Se incorpora con torpeza, los huesos protestando, y casi por reflejo mete la mano en el chaleco. El metal familiar de su pistola gnómica le devuelve algo parecido a la calma. No pregunta nada. Si los demás están así, es que algo va mal.
Delante, King y Bailey han avanzado un paso, separados del resto, inmóviles. El huargo gruñe, un sonido bajo, como si hubiera reconocido algo que no pertenece a este mundo de piedra y aire frío.
Entonces ocurre.
Del suelo, no exactamente del suelo sino de las capas más profundas, de donde la roca aún conserva un calor antiguo que no debería estar ahí, surge un soplo. No es viento. Es un aliento. Un vapor espeso se filtra entre las grietas, como si el desfiladero exhalara después de contener la respiración durante siglos.
La piedra se mueve.
No se abre. No se rompe. Simplemente… cede.
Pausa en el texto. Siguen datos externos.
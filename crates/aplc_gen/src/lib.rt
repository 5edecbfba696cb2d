//! The C program of a lowered program.
//! It must not know how a program is read, nor how a C program is printed.
#![tactic(auto)]

mod expressions;
mod flags;
mod flow;
mod frame;
mod generating;
mod generator;
mod known;
mod layout;
mod lead;
mod names;
mod passing;
mod ranks;
mod segments;
mod site;
mod sparing;
mod statements;
mod terms;
mod unbuilt;
mod widths;

pub use generator::generate;
pub use unbuilt::first_unbuilt;
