//! Lists of names that know where each name stands.
//! They must not know what the names are for.

ghost use Rattle.std.specs.Prelude.{◌≡◌, ◌≤◌, [], length, slice_get, option_copied, nat_eq, IfOk, OnOk};
ghost use Rattle.std.specs.List.{IsDistinct};
ghost use Rattle.aplc_names.specs.States.{is_among};
ghost use Rattle.aplc_gen.specs.Layouts.{place_in};
ghost use Rattle.aplc_gen.specs.Made.{with_new, with_each};

use indexmap::IndexSet;
use std::alloc::{AllocError, Global};
use std::marker::Model;

/// Numbers, each once. The place of a number is counted from 0.
#[derive(Drop)]
pub struct Names {
    names: IndexSet<u32>,
}

impl Model for Names {
    ghost use Rattle.std.specs.Prelude.{List, ℕ};

    ghost Value = { List ℕ };

    ghost view = { λ l. l.names.keys };
}

impl Names {
    pub fn new(alloc: Global) -> Names
        ensures { result ≡ [] }
    {
        Names {
            names: IndexSet::new(alloc),
        }
    }

    pub fn len(&self) -> usize
        ensures { result ≡ length self.now }
    {
        self.names.len()
    }

    /// Puts a number behind the others, if it is not among them.
    #[tactic(auto, using(crate::proofs::Numbered::with_name))]
    pub fn add(&mut self, name: u32) -> Result<(), AllocError>
        ensures { OnOk result (self.new ≡ with_new name self.old) }
    {
        self.names.insert(name)?;
        Ok(())
    }

    /// Puts each of these behind the others, if it is not among them.
    pub fn add_all(&mut self, names: &[u32]) -> Result<(), AllocError>
        ensures { OnOk result (self.new ≡ with_each self.old names.now) }
    {
        for name in names {
            self.add(*name)?;
        }
        Ok(())
    }

    /// The same numbers once more.
    pub fn copy(&self, alloc: Global) -> Result<Names, AllocError>
        ensures { IfOk result (λ ns. ns ≡ self.now) }
    {
        let mut names = Names::new(alloc);
        names.add_all(self.names.as_slice())?;
        Ok(names)
    }

    pub fn as_slice(&self) -> &[u32]
        ensures names { result.now ≡ self.now }
        ensures once { IsDistinct nat_eq self.now }
    {
        self.names.as_slice()
    }

    pub fn get(&self, place: usize) -> Option<&u32>
        ensures { option_copied result ≡ slice_get self.now place }
    {
        self.names.get_index(place)
    }

    #[tactic(auto, using(crate::proofs::Numbered::has_name))]
    pub fn has(&self, name: u32) -> bool
        ensures { result ≡ is_among name self.now }
    {
        self.names.contains(&name)
    }

    /// Where a number stands, or how many there are where it is not among them.
    #[tactic(auto, using(crate::proofs::Numbered::numbered))]
    pub fn place(&self, name: u32) -> usize
        ensures place { result ≡ place_in self.now name }
        ensures within { result ≤ length self.now }
    {
        match self.names.get_index_of(&name) {
            Some(k) => k,
            None => self.names.len(),
        }
    }
}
Y de ese vapor emerge una forma imposible. Segmentada. Articulada. Demasiado grande. Un caparazón oscuro, húmedo, cubierto de vetas brillantes como si la criatura hubiera sido pulida por manos pacientes en la oscuridad. Las patas se despliegan una a una, clavándose en la roca con un sonido seco, casi quirúrgico. El aguijón se eleva despacio, describiendo una curva perfecta, como si supiera que no tiene prisa.
El aire cambia. Huele a metal caliente y a algo viejo. Muy viejo.
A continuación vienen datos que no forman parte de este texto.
//! The names that have a value where code is written.
//! They must not know what the code is.

ghost use Rattle.std.specs.Prelude.{◌≡◌, ◌∷◌, ◌++◌, [], reverse, IfOk, OnOk};
ghost use Rattle.std.specs.Option.{option_to_list};
ghost use Rattle.std.specs.List.{filter};
ghost use Rattle.aplc_names.specs.States.{is_among};
ghost use Rattle.aplc_gen.specs.Made.{with_each};
ghost use Rattle.aplc_gen.specs.Sparing.{is_flag_of};

use crate::names::Names;
use indexmap::IndexSet;
use std::alloc::{AllocError, Global};
use std::marker::Model;

/// Names with a value, the latest first. A name may be among them more than once.
#[derive(Drop)]
pub struct Known {
    order: Vec<u32>,
    names: IndexSet<u32>,
}

impl Model for Known {
    ghost use Rattle.std.specs.Prelude.{List, ℕ, reverse};
    ghost use Rattle.aplc_gen.specs.Writing.{IsSetOf};

    ghost Value = { List ℕ };

    ghost view = { λ k. reverse k.order.items };

    ghost invariant = { λ k. IsSetOf k.names.keys (reverse k.order.items) };
}

impl Known {
    pub fn new(alloc: Global) -> Known
        ensures { result ≡ [] }
    {
        Known {
            order: Vec::new(alloc),
            names: IndexSet::new(alloc),
        }
    }

    #[tactic(auto, using(crate::proofs::Numbered::known_names))]
    pub fn has(&self, name: u32) -> bool
        ensures { result ≡ is_among name self.now }
    {
        self.names.contains(&name)
    }

    /// One name more.
    #[tactic(auto, using(crate::proofs::Numbered::known_names))]
    pub fn add(&mut self, name: u32) -> Result<(), AllocError>
        ensures { OnOk result (self.new ≡ name ∷ self.old) }
    {
        self.order.reserve(1)?;
        self.names.insert(name)?;
        self.order.push(name)?;
        Ok(())
    }

    /// These names.
    #[tactic(auto, using(crate::proofs::Numbered::names_left))]
    pub fn of(alloc: Global, names: &Names) -> Result<Known, AllocError>
        ensures { IfOk result (λ k. k ≡ names.now) }
    {
        let mut known = Known::new(alloc);
        let count = names.len();
        for behind in 0..count {
            known.add_some(names.get(count - 1 - behind).copied())?;
        }
        Ok(known)
    }

    /// Each of these names more.
    fn add_all(&mut self, names: &[u32]) -> Result<(), AllocError>
        ensures { OnOk result (self.new ≡ reverse names.now ++ self.old) }
    {
        for name in names {
            self.add(*name)?;
        }
        Ok(())
    }

    /// The same names once more.
    #[tactic(auto, using(crate::proofs::Numbered::copied_all))]
    pub fn copy(&self, alloc: Global) -> Result<Known, AllocError>
        ensures { IfOk result (λ k. k ≡ self.now) }
    {
        let mut known = Known::new(alloc);
        known.add_all(self.order.as_slice())?;
        Ok(known)
    }

    /// Each of the names once.
    pub fn once(&self, alloc: Global) -> Result<Names, AllocError>
        ensures { IfOk result (λ ns. ns ≡ with_each [] self.now) }
    {
        each_once(alloc, self.order.as_slice())
    }

    /// Puts those of the names that are known behind the others.
    fn keep(&self, kept: &mut Names, names: &[u32]) -> Result<(), AllocError>
        ensures { OnOk result (kept.new ≡ with_each kept.old (filter (is_flag_of self.now) names.now)) }
    {
        for name in names {
            if self.has(*name) {
                kept.add(*name)?;
            }
        }
        Ok(())
    }

    /// Those of the names that are known.
    pub fn among(&self, alloc: Global, names: &Names) -> Result<Names, AllocError>
        ensures { IfOk result (λ ns. ns ≡ filter (is_flag_of self.now) names.now) }
    {
        let mut kept = Names::new(alloc);
        self.keep(&mut kept, names.as_slice())?;
        Ok(kept)
    }

    /// One name more, if there is one.
    pub fn add_some(&mut self, name: Option<u32>) -> Result<(), AllocError>
        ensures { OnOk result (self.new ≡ option_to_list name ++ self.old) }
    {
        match name {
            None => Ok(()),
            Some(name) => self.add(name),
        }
    }
}

/// Each of these once, from the last to the first.
fn each_once(alloc: Global, names: &[u32]) -> Result<Names, AllocError>
    ensures { IfOk result (λ ns. ns ≡ with_each [] (reverse names.now)) }
{
    let mut once = Names::new(alloc);
    for index in (0..names.len()).rev() {
        once.add(names[index])?;
    }
    Ok(once)
}
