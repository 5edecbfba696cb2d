//! What is not built yet: the first place of it in a program.
//! It must not know what is made of the rest.

ghost use Rattle.std.specs.Prelude.{◌≡◌, option_copied};
ghost use Rattle.aplc_syntax.specs.PlainTrees.{tree_of, tree_in, trees_in, argument_in};
ghost use Rattle.aplc_gen.specs.Built.{is_sign, is_checked};
ghost use Rattle.aplc_gen.specs.Unbuilt.{unless, is_scalar, unbuilt, all_unbuilt, argument_unbuilt, statement_unbuilt, lines_unbuilt, smaller, least, first_place};

use aplc_infer::{Fact, Facts};
use aplc_scalar::ScalarFn;
use aplc_syntax::{Form, Line, Node, Prim, Program, Statement};
use sqlite_items::Boxed;

fn smaller(a: Option<u64>, b: Option<u64>) -> Option<u64>
    ensures { result ≡ smaller a b }
{
    match (a, b) {
        (None, b) => b,
        (a, None) => a,
        (Some(a), Some(b)) => Some(if a <= b { a } else { b }),
    }
}

fn unless(built: bool, place: u64) -> Option<u64>
    ensures { result ≡ least (unless built place) }
{
    if built { None } else { Some(place) }
}

fn is_sign(function: Prim) -> bool
    ensures { result ≡ is_sign function }
{
    matches!(
        function,
        Prim::Scalar(ScalarFn::Add) | Prim::Scalar(ScalarFn::Sub)
    )
}

fn is_checked(function: Prim) -> bool
    ensures { result ≡ is_checked function }
{
    matches!(
        function,
        Prim::Scalar(ScalarFn::Add) | Prim::Scalar(ScalarFn::Sub) | Prim::Scalar(ScalarFn::Mul)
    )
}

/// Whether a node with this fact is never evaluated, or has rank 0.
fn is_scalar(fact: Option<&Fact>) -> bool
    ensures { result ≡ is_scalar (option_copied fact.entry) }
{
    match fact {
        None => true,
        Some(fact) => fact.rank == Some(0),
    }
}

/// The first place in a node and in all nodes in it.
#[cycle(nodes)]
#[tactic(auto, using(aplc_syntax::proofs::PlainForms::tree_node, crate::proofs::Places::unbuilt_forms))]
fn in_node(facts: &Facts, node: &Node) -> Option<u64>
    ensures { result ≡ least (unbuilt facts.now (tree_of node.now)) }
{
    let place = node.place;
    match &node.form {
        Form::Numbers(numbers) => unless(numbers.as_slice().len() == 1, place),
        Form::Name(_) => unless(is_scalar(facts.of(node.id)), place),
        Form::Text(_) | Form::TextInput | Form::NumsInput => Some(place),
        Form::Mono(function, a) => {
            smaller(unless(is_sign(*function), place), in_node(facts, a.get()))
        }
        Form::Dyad(function, a, b) => {
            let left = in_node(facts, a.get());
            let right = in_node(facts, b.get());
            smaller(unless(is_checked(*function), place), smaller(left, right))
        }
        Form::Assign(_, a) => in_node(facts, a.get()),
        Form::Show(a) => smaller(Some(place), in_node(facts, a.get())),
        Form::Index(a, entries) => {
            let base = in_node(facts, a.get());
            smaller(
                Some(place),
                smaller(base, in_entries(facts, entries.as_slice())),
            )
        }
        Form::AssignAt(_, entries, a) => {
            let indices = in_entries(facts, entries.as_slice());
            smaller(Some(place), smaller(indices, in_node(facts, a.get())))
        }
        Form::Call(_, a, b) => {
            let left = in_optional(facts, a);
            smaller(left, in_optional(facts, b))
        }
    }
}

#[cycle(nodes)]
fn in_optional(facts: &Facts, node: &Option<Boxed<Node>>) -> Option<u64>
    ensures { result ≡ least (argument_unbuilt facts.now (argument_in node.now)) }
{
    match node {
        None => None,
        Some(a) => in_node(facts, a.get()),
    }
}

#[cycle(nodes)]
fn in_entries(facts: &Facts, entries: &[Option<Node>]) -> Option<u64>
    ensures { result ≡ least (all_unbuilt facts.now (trees_in entries.now)) }
{
    let mut found = None;
    for entry in entries {
        match entry {
            None => {}
            Some(node) => found = smaller(found, in_node(facts, node)),
        }
    }
    found
}

fn in_statement(facts: &Facts, statement: &Statement) -> Option<u64>
    ensures { result ≡ least (statement_unbuilt facts.now statement.now) }
{
    match statement {
        Statement::Empty => None,
        Statement::Quiet(node) | Statement::Display(node) | Statement::Branch(_, node) => in_node(
            facts, node,
        ),
    }
}

fn in_lines(facts: &Facts, lines: &[Line]) -> Option<u64>
    ensures { result ≡ least (lines_unbuilt facts.now lines.now) }
{
    let mut found = None;
    for line in lines {
        found = smaller(found, in_statement(facts, &line.statement));
    }
    found
}

/// The least place of a node that is not built: of all but single numbers, reads of scalars, assignments to names,
/// calls, monadic `+` and `-`, dyadic `+`, `-` and `×`.
pub fn first_unbuilt(program: &Program, facts: &Facts) -> Option<u64>
    ensures { result ≡ first_place program.now facts.now }
{
    let mut found = None;
    let functions = program.functions.as_slice();
    for function in functions {
        found = smaller(found, in_lines(facts, function.lines.as_slice()));
    }
    found
}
Thorian da un paso al frente, ya con la cimitarra en la mano y el escudo levantado. Sus labios se curvan en una sonrisa tensa, forzada, la clase de sonrisa que usa cuando el miedo no tiene permiso para salir.
"Genial", bufa, sin apartar la vista de la cosa. "Justo lo que necesitábamos."
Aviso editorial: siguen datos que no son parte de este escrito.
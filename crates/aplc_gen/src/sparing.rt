//! The variables of a program, with a flag only for names that may be unset when they are read.
//! It must not know the code.

ghost use Rattle.std.specs.Prelude.{◌≡◌, ◌<◌, List, ℕ, false, if◌then◌else◌, IfOk, OnOk, length};
ghost use Rattle.aplc_gen.specs.Layouts.{frame_of};
ghost use Rattle.aplc_gen.specs.Emitted.{site_at};
ghost use Rattle.aplc_gen.specs.Made.{layout_of};
ghost use Rattle.aplc_gen.specs.Writing.{lowered_core};
ghost use Rattle.aplc_gen.specs.Sparing.{sure_of, site_flags, frame_spared, frames_spared, flags_spared, all_fall, spared_with, spared};

use crate::flags::Flags;
use crate::flow::Flow;
use crate::frame::{Frame, Layout};
use crate::known::Known;
use crate::names::Names;
use crate::ranks::{all_fall, ranks};
use aplc_core::CoreProgram;
use std::alloc::{AllocError, Global};

/// The variables of a function, with these flags.
#[tactic(auto, using(crate::proofs::SparedRows::short_frame))]
fn spared_frame(
    alloc: Global,
    frame: &Frame,
    flags: &Known,
    sure: Names,
) -> Result<Frame, AllocError>
    requires { frame.now.unsure ≡ frame.now.names }
    ensures { IfOk result (λ x. x ≡ frame_spared flags.now sure frame.now) }
{
    let unsure = flags.among(alloc, frame.names())?;
    let names = frame.names().copy(alloc)?;
    Ok(Frame::new(names, unsure, frame.slots(), sure))
}

/// Those of the function of this number.
fn frame_at(
    alloc: Global,
    core: &CoreProgram,
    base: &Layout,
    number: usize,
    flags: &mut Flags,
) -> Result<Frame, AllocError>
    requires inside { number < length base.now.frames }
    requires function { number < length core.now.program.functions }
    requires full { (frame_of base.now number).unsure ≡ (frame_of base.now number).names }
    ensures flags { OnOk result (flags.new ≡ site_flags (site_at base.now (lowered_core core.now) false number) flags.old) }
    ensures frame { IfOk result (λ x. x ≡ frame_spared (site_flags (site_at base.now (lowered_core core.now) false number) flags.old).locals (sure_of (site_at base.now (lowered_core core.now) false number)) (frame_of base.now number)) }
{
    let frame = base.frame_of(number);
    let flow = Flow::new(alloc, core, base, frame, number, false)?;
    let sure = flags.add_function(alloc, &flow)?;
    spared_frame(alloc, frame, flags.locals(), sure)
}

/// Those of each function.
#[tactic(auto, using(crate::proofs::SparedRows::frames_left))]
fn all_frames(
    alloc: Global,
    core: &CoreProgram,
    base: &Layout,
    flags: &mut Flags,
) -> Result<Vec<Frame>, AllocError>
    requires { base.now ≡ layout_of (lowered_core core.now) }
    ensures frames { IfOk result (λ v. v.items ≡ frames_spared base.now (lowered_core core.now) 0 base.now.frames flags.old) }
    ensures flags { OnOk result (flags.new ≡ flags_spared base.now (lowered_core core.now) 0 base.now.frames flags.old) }
{
    let mut frames = Vec::new(alloc);
    for number in 0..base.count() {
        let frame = frame_at(alloc, core, base, number, flags)?;
        frames.push(frame)?;
    }
    Ok(frames)
}

fn is_counted(core: &CoreProgram, base: &Layout, ranks: &[u32]) -> bool
    requires { length base.now.frames ≡ length core.now.program.functions }
    ensures { result ≡ (if all_fall ranks.now 0 (lowered_core core.now).routines then false else base.now.counted) }
{
    if all_fall(core, base, ranks) {
        return false;
    }
    base.is_counted()
}

/// The variables of a program whose functions have these ranks, from those with all flags. Calls are not counted where
/// each leads to a lower rank.
#[tactic(auto, using(crate::proofs::SparedRows::short_layout))]
fn spared_with(
    alloc: Global,
    core: &CoreProgram,
    base: &Layout,
    ranks: &[u32],
) -> Result<Layout, AllocError>
    requires { base.now ≡ layout_of (lowered_core core.now) }
    ensures { IfOk result (λ y. y ≡ spared_with base.now (lowered_core core.now) ranks.now) }
{
    let mut flags = Flags::new(alloc);
    let frames = all_frames(alloc, core, base, &mut flags)?;
    let unsure = flags.globals().among(alloc, base.globals())?;
    let globals = base.globals().copy(alloc)?;
    let called = base.called().copy(alloc)?;
    let counted = is_counted(core, base, ranks);
    Ok(Layout::new(globals, unsure, called, counted, frames))
}

/// The variables of a program, from those with all flags.
pub fn spared(alloc: Global, core: &CoreProgram, base: &Layout) -> Result<Layout, AllocError>
    requires { base.now ≡ layout_of (lowered_core core.now) }
    ensures { IfOk result (λ y. (ranks : List ℕ) × (y ≡ spared (lowered_core core.now) ranks)) }
{
    let ranks = ranks(alloc, core)?;
    spared_with(alloc, core, base, ranks.as_slice())
}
Pero antes de que nadie pueda reaccionar, el paso del norte —donde el camino se angosta hasta volverse una garganta de piedra— responde al primero.
Otro aliento húmedo. Otro vaho que brota de la roca como un suspiro enfermo. La piedra cede. Y de esa herida emerge otra forma, semejante a la primera, aunque no idéntica… como una idea mal recordada que insiste en repetirse.
El desfiladero, que hasta ahora había sido un simple corredor de piedra, revela su verdadera naturaleza: no un camino, sino una trampa paciente, esperando el momento exacto para cerrarse.